9. Prompt Engineering & System Prompts¶
Domain 4 (20%) — Prompt Engineering & Structured Output
Principles vs. conditionals — The core design decision for every instruction
| Approach | When to use |
|---|---|
| Use principles when | The rule requires judgment. "Match financial detail to the user's demonstrated knowledge level" handles implicit cues you haven't enumerated. |
| Use explicit conditionals when | The rule must fire deterministically. "If the user describes a medical emergency, always direct them to call emergency services." |
| Use programmatic enforcement when | The rule must hold 100% of the time with legal/financial consequences. Prompt instructions have a non-zero failure rate regardless of how emphatic. |
The dilution problem — Why prompt influence fades — and how to fight it
System prompt influence gets diluted as conversations grow — even in short conversations of just a few thousand tokens. It's not a token-limit issue.
Mitigation strategies:
- Few-shot examples — concrete demonstrations persist better than abstract rules
- XML-style section tags —
<escalation_policy>,<guardrails>— increase salience - Inject periodic reminders as system messages in long conversations
- Place critical instructions in high-attention positions
Warning
Using "CRITICAL", "NEVER", "ALWAYS" may slightly increase compliance but does not guarantee it. For 100% reliability, enforce programmatically.

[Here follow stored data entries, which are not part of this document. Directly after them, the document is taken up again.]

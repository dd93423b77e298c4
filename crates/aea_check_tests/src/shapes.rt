//! Reports of repaired archives of several shapes, with and without fences, which are accepted, and once more after a second
//! repair.

use crate::archives::{judges, put_only, run_only};
use aea_cli::Status;
use aea_disk::SureDisk;
use aea_runs::{Left, run_over, step, text_of};
use aea_test_helpers::{some_bytes, spoil_cell};
use std::alloc::Global;
use std::test::Fail;

// The line that makes an archive on four sites with blocks of 16 bytes, whether a fence follows each object, and how many
// blocks it has.
type Row = (&'static str, bool, u32);

fn one_class() -> [Row; 2] {
    [
        ("create 1 1 0 16 4", false, 30),
        ("create 1 1 0 16 4", true, 30),
    ]
}

fn two_classes() -> [Row; 2] {
    [
        ("create 2 2 2 16 4", true, 45),
        ("create 2 2 5 16 4", false, 45),
    ]
}

fn three_classes() -> [Row; 2] {
    [
        ("create 3 2 5 16 4", true, 60),
        ("create 3 5 5 16 4", false, 60),
    ]
}

// How many of a hundred cells are damaged.
const PERCENTS: [u64; 5] = [0, 5, 30, 60, 90];

// Stores an object of so many bytes, and a fence after it, if there is to be one.
fn put_one(alloc: Global, disk: &mut SureDisk, object: (&str, u32), fenced: bool) -> bool {
    let (name, count) = object;
    match some_bytes(alloc, count, 0) {
        Ok(bytes) => {
            put_only(alloc, disk, name, bytes.as_slice())
                && (!fenced || run_only(alloc, disk, "fence", 99))
        }
        Err(_) => false,
    }
}

// Stores three objects with fifteen nodes in the archive that this line makes.
fn put_three(alloc: Global, disk: &mut SureDisk, line: &str, fenced: bool) -> bool {
    run_only(alloc, disk, line, 99)
        && put_one(alloc, disk, ("a", 100), fenced)
        && put_one(alloc, disk, ("b", 17), fenced)
        && put_one(alloc, disk, ("c", 95), fenced)
}

// Damages so many percent of the cells, by the generator that begins with the seed.
fn damage(disk: &mut SureDisk, blocks: u32, percent: u64, seed: u64) -> bool {
    let mut goes_on = true;
    let mut x = seed;
    for k in 0..blocks {
        x = step(x);
        if (x >> 32) % 100 < percent {
            goes_on = goes_on && spoil_cell(disk, 4, 64, k, 20).is_ok();
        }
    }
    goes_on
}

// Whether what this run of a repair left is a report, and is accepted.
fn is_accepted(alloc: Global, disk: &mut SureDisk, left: &Left) -> bool {
    match text_of(left.out.bytes()) {
        Ok(report) => {
            (left.status == Status::Done || left.status == Status::Damage)
                && judges(alloc, disk, report, "accepted\n")
        }
        Err(_) => false,
    }
}

// Repairs the archive, and has its report judged. The answer is whether it is accepted.
fn is_repair_accepted(alloc: Global, disk: &mut SureDisk) -> bool {
    match run_over(alloc, "repair", disk, 16_384) {
        Ok(left) => is_accepted(alloc, disk, &left),
        Err(_) => false,
    }
}

// Whether the report of a repair is accepted, and that of a second one, after damage of so many percent to the archive of this
// row.
fn are_repairs_accepted(alloc: Global, row: Row, percent: u64, seed: u64) -> bool {
    let (line, fenced, blocks) = row;
    match SureDisk::new(alloc, 4, 8192, 4096) {
        Ok(mut disk) => {
            put_three(alloc, &mut disk, line, fenced)
                && damage(&mut disk, blocks, percent, seed)
                && is_repair_accepted(alloc, &mut disk)
                && is_repair_accepted(alloc, &mut disk)
        }
        Err(_) => false,
    }
}

// The same after damage of each degree.
fn are_all_accepted(alloc: Global, row: Row, seed: u64) -> bool {
    let mut goes_on = true;
    let mut x = seed;
    for percent in PERCENTS {
        x = step(x);
        goes_on = goes_on && are_repairs_accepted(alloc, row, percent, x);
    }
    goes_on
}

#[test]
fn reports_of_one_class_are_accepted(rt: HostRuntime) -> Result<(), Fail> {
    for row in one_class() {
        assert!(rt; are_all_accepted(rt.alloc(), row, 1));
    }
    Ok(())
}

#[test]
fn reports_of_two_classes_are_accepted(rt: HostRuntime) -> Result<(), Fail> {
    for row in two_classes() {
        assert!(rt; are_all_accepted(rt.alloc(), row, 2));
    }
    Ok(())
}

#[test]
fn reports_of_three_classes_are_accepted(rt: HostRuntime) -> Result<(), Fail> {
    for row in three_classes() {
        assert!(rt; are_all_accepted(rt.alloc(), row, 3));
    }
    Ok(())
}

Key facts about system prompts — Things the exam will test
- The system prompt is included in every API request — not just the first. If your app only sends it with the first request, that's a bug.
- Adding more conditionals to cover edge cases dilutes attention to every other instruction.
- Updating a system prompt for ongoing multi-session conversations can cause the model to contradict its prior statements — prompt versioning matters.
- Few-shot examples within sections hold up better than verbose written rules over extended conversations.